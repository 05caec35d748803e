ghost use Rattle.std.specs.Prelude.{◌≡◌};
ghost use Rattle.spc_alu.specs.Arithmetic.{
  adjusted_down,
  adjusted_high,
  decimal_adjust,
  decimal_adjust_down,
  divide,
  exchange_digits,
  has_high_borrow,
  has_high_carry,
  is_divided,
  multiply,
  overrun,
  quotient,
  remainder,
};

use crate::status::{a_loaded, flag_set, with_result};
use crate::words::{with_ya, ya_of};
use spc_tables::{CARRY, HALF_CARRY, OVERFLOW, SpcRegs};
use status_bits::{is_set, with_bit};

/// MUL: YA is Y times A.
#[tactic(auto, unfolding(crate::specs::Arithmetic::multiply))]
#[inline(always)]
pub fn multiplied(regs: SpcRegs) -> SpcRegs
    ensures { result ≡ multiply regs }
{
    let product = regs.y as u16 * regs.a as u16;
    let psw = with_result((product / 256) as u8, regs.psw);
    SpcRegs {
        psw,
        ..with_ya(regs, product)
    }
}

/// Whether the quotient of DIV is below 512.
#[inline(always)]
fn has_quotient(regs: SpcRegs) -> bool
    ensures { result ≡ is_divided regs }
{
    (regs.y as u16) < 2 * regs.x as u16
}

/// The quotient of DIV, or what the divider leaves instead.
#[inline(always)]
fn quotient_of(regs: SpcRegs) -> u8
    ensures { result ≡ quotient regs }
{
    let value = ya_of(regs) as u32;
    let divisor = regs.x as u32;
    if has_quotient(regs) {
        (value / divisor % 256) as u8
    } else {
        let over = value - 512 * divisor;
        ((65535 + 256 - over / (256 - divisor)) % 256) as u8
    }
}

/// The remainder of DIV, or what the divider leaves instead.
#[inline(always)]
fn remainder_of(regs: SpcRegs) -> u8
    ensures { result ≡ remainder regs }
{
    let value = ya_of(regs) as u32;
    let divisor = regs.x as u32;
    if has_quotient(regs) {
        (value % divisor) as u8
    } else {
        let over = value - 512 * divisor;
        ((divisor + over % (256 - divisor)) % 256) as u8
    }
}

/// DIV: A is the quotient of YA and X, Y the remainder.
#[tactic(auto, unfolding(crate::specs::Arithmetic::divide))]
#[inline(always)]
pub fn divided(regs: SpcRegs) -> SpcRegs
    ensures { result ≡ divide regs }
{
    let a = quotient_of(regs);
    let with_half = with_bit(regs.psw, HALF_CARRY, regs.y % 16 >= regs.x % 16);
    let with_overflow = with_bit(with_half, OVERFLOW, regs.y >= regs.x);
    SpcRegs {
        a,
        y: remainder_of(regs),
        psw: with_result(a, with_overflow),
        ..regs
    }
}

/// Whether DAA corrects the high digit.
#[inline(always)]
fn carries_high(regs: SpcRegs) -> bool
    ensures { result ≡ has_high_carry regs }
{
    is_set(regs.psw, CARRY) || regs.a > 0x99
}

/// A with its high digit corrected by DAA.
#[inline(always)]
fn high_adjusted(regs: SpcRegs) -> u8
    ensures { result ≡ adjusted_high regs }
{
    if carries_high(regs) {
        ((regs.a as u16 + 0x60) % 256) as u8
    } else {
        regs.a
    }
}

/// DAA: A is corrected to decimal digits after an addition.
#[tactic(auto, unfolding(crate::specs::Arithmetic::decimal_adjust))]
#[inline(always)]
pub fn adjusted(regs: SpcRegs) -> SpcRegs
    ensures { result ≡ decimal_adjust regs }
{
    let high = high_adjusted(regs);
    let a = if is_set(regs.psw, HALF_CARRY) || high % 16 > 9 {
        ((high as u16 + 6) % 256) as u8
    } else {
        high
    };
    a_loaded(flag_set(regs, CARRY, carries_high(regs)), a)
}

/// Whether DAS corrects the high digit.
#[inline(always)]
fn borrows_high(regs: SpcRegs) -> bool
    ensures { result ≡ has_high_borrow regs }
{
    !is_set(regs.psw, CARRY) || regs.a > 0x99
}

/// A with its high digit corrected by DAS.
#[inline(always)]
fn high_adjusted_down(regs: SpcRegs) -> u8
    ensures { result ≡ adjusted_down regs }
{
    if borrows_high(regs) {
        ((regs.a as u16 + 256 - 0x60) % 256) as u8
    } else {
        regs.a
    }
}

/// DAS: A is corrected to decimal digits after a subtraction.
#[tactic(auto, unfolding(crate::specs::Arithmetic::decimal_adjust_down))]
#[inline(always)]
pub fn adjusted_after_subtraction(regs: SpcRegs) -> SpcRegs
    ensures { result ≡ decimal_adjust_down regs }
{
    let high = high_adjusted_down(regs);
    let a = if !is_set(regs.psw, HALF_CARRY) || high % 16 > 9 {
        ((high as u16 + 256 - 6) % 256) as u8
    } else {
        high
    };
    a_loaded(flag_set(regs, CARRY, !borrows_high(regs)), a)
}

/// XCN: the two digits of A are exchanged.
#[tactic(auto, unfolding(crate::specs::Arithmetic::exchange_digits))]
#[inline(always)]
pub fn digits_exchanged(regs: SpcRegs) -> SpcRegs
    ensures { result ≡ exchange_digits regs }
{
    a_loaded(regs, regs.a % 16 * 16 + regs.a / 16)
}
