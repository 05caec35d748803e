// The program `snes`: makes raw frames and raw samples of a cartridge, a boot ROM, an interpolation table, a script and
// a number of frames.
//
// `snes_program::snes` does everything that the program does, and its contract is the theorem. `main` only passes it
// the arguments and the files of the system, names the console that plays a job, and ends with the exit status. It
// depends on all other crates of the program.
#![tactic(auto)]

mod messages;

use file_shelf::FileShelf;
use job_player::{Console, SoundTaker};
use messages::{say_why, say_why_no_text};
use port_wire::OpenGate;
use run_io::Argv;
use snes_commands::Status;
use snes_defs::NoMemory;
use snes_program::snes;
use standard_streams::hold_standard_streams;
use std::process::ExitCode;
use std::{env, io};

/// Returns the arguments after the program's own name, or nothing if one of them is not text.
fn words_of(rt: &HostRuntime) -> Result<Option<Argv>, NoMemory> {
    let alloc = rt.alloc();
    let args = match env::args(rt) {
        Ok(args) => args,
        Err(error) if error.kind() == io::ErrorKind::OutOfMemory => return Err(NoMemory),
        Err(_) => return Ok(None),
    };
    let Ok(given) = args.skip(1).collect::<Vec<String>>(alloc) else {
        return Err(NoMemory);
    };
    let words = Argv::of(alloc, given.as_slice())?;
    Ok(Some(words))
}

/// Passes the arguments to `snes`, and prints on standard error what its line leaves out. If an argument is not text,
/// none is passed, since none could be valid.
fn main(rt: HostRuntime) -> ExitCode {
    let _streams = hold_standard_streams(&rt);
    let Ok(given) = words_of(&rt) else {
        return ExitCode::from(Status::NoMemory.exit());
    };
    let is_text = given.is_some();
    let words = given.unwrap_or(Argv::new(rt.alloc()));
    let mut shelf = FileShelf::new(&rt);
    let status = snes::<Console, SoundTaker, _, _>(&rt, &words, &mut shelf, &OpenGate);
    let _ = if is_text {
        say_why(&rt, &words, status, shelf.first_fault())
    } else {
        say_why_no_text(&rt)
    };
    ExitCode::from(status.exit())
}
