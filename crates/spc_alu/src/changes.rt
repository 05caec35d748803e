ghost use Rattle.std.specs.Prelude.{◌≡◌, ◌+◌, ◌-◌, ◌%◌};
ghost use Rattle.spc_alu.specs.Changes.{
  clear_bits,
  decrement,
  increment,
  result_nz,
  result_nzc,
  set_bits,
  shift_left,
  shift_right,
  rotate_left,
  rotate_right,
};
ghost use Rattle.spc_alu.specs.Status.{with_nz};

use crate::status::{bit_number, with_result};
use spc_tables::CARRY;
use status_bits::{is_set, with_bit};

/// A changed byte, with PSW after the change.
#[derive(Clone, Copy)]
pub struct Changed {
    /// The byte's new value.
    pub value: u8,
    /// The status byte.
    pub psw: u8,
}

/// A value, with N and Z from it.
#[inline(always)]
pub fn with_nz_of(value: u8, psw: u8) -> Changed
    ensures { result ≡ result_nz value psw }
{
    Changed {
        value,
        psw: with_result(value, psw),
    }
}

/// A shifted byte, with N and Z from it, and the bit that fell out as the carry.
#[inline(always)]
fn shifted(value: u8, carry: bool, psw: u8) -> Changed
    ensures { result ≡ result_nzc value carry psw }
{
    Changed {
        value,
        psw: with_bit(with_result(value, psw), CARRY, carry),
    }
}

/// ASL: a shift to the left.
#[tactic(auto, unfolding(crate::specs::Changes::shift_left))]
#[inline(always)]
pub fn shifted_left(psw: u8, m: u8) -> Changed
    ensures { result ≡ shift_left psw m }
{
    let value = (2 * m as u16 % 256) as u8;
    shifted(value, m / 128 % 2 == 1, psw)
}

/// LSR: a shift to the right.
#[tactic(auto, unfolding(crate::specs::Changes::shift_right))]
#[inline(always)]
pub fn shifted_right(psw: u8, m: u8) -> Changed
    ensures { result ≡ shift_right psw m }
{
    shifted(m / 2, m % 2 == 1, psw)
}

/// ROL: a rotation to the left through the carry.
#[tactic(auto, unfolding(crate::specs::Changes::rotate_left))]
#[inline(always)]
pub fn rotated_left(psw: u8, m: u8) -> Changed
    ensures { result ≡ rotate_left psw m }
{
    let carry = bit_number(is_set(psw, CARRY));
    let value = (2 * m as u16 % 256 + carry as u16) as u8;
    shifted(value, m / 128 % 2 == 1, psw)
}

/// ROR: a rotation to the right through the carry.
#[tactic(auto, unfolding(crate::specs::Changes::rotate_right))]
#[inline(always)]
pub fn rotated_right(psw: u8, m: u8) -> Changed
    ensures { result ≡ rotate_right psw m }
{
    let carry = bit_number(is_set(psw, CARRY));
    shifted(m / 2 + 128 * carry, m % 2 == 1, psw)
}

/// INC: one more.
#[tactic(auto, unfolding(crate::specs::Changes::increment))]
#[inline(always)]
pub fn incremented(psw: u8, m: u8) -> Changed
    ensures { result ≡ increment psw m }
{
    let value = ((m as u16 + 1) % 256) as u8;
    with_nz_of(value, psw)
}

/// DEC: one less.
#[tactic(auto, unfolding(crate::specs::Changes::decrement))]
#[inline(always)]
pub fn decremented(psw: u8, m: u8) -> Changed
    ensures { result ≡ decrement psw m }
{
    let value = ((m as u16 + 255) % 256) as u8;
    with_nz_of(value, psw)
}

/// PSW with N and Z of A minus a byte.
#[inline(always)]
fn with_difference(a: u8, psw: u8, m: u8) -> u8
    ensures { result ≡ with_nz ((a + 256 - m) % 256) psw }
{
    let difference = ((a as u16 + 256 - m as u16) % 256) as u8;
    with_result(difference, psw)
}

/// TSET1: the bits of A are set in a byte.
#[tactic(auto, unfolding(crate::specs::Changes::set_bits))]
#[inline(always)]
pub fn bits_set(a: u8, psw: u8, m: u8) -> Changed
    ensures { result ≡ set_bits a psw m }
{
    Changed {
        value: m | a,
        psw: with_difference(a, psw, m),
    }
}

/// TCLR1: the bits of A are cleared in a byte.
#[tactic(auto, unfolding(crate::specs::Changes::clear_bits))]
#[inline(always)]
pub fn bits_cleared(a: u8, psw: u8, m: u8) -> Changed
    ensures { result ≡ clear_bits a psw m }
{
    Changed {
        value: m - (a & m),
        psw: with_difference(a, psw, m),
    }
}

*TASK TO COMPLETE*: The string "what" appears in how many lines above? Answer with the number only.

*OUTPUT FOR THIS EXERCISE*: 3